Adapting automation to algae screening
We have two Tecan laboratory automation systems to help us develop the high throughput screening approaches necessary to select for certain characteristics, as well as to optimise the production of specific microalgae. We’ve developed these instruments to meet our exact needs with assistance from the manufacturer. One system has been adapted for the growth of photosynthetic microalgae by adding three shaker modules, each holding six multi-well plates, and sealing the chamber to control atmospheric conditions.1 We then integrated LEDs for every well of a 96-well plate to enable independently controlled light conditions, allowing us to simulate weather patterns or conditions inside an algae culture.2
This platform has a robotic manipulator arm that transfers the plates from the shakers to the onboard spectrophotometer for optical density and fluorescence measurements.
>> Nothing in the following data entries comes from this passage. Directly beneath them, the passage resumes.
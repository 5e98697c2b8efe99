//! The files of the system. Nothing is known of what their reads give: this file is all that stands between the system and
//! what is proved of the text of any file.
ghost use Rattle.std.specs.Io.{ReadsAtMost};

use crate::files::{FileSource, load_named};
use crate::loading::FileFault;
use crate::stored::{FileStore, StoredFile, Unreadable};
use cb_job_ends::texts::Text;
use std::alloc::Global;
use std::fs::{File, OpenFile};
use std::io::{self, ErrorKind, Read};
use std::os::unix::fs::FileExt;
use std::rt::Files;
use std::thread::Threads;

/// How often a read is tried that signals interrupt.
const TRIES: u32 = 1_000_000;

/// The files that a handle reaches.
#[derive(Drop)]
pub struct SystemFiles<'a, H: Files<File = File> + AllocGlobal> {
    files: &'a H,
}

impl<'a, H: Files<File = File> + AllocGlobal> SystemFiles<'a, H> {
    /// The files that this handle reaches.
    pub fn new(files: &'a H) -> SystemFiles<'a, H> {
        SystemFiles { files }
    }
}

impl<H: Files<File = File> + AllocGlobal> FileStore<SystemFile> for SystemFiles<'_, H> {
    ghost opens = { λ _ _ _. Unit {0} };

    ghost lacks = { λ _ _. Unit {0} };

    fn open(&self, name: &str) -> Result<SystemFile, Unreadable> {
        let Ok(file) = File::open(self.files, name) else {
            return Err(Unreadable);
        };
        let length = match file.metadata() {
            Ok(about) if about.is_file() && about.len() > 0 => Some(about.len()),
            _ => None,
        };
        Ok(SystemFile { file, length })
    }

    fn alloc(&self) -> Global {
        self.files.alloc()
    }
}

impl<R: Threads + Sync, H: Files<File = File> + AllocGlobal> FileSource<R> for SystemFiles<'_, H> {
    ghost holds = { λ _ _ _. Unit {0} };

    ghost refuses = { λ _ _. Unit {0} };

    fn load(&self, rt: &R, name: &str, threads: u32) -> Result<Text, FileFault> {
        load_named(rt, self, name, threads)
    }
}

/// An open file of the system, and how long it was when it was opened, if it is a file on a disk.
#[derive(Drop)]
pub struct SystemFile {
    file: File,
    length: Option<u64>,
}

impl SystemFile {
    /// Reads once: a file on a disk at a place, and any other where its last read ended.
    fn read_once(&self, place: u64, into: &mut [u8]) -> io::Result<usize>
        ensures { ReadsAtMost result into.new }
    {
        let mut file = &self.file;
        match self.length {
            Some(_) => file.read_at(into, place),
            None => file.read(into),
        }
    }
}

impl StoredFile for SystemFile {
    ghost gives = { λ _ _ _. Unit {0} };

    ghost says = { λ _ _. Unit {0} };

    ghost fails = { λ _. Unit {0} };

    fn length(&self) -> Option<u64> {
        self.length
    }

    fn read_at(&self, place: u64, into: &mut [u8]) -> Result<usize, Unreadable> {
        for _ in 0..TRIES {
            match self.read_once(place, into) {
                Ok(count) => return Ok(count),
                Err(error) if error.kind() == ErrorKind::Interrupted => {}
                Err(_) => return Err(Unreadable),
            }
        }
        Err(Unreadable)
    }
}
It allows us to check the responses of the microalgae to different illumination settings to determine the best conditions for growth.3 One of the great things about this automated set-up is that it allows us to measure the density for each of the 1,728 algae cultures every three hours, day and night, for three days – the throughput is excellent, and we can gather an amazing amount of data this way. As well as optimising the light conditions, different nutrients also need to be tested in order to provide the best synthetic efficiency.
Exploring media composition
The second instrument has a liquid handling arm that we use to explore media compositions and screen different growth conditions to optimise the nutrients for every strain individually. There can be up to 20 different nutrients for each species and, if you decided to test every combination at only three concentrations, you quickly end up with a large number of individual conditions that you need to investigate, making the design of statistically compressed and automated screens essential. We developed a statistical approach to identify high performance production conditions for 100 microalgae cell lines, which meant conducting more than 25,000 individual experiments.4 The power of the instruments is that they allow us to investigate and analyse these complicated data sets and find something close to the optimum. This would be impossible using manual screens.
Collaboration for scale-up
We have been using the platforms for a while now, and are very happy with the work that they have enabled; they have really contributed to the robustness of our experiments and have increased our throughput immensely. The local system engineers have been fantastic in helping us to adapt the systems for our workflow, and we are now involved in building a large, collaborative research project within the industry to assist with system scale-up. These kinds of projects are driven forward by everyone working together, and we look forward to seeing what we can achieve.
1 Radzun, K.A et al. Automated nutrient screening system enables high-throughput optimisation of microalgae production conditions. Biotechnology for Biofuels, 2015, 8(65).
2 Yarnold, J et al. Photoacclimation and productivity of Chlamydomonas reinhardtii grown in fluctuating light regimes which simulate outdoor algal culture conditions. Algal Research, 2016, 13, 182-194.
3 Sivakaminathan, S et al. High-throughput optimisation of light driven microalgae biotechnologies. Scientific Reports, 2018, 8(11687).
4 Wolf, J et al. High-throughput screen for high performance microalgae strain selection and integrated media design. Algal Research, 2015, 11, 313-325.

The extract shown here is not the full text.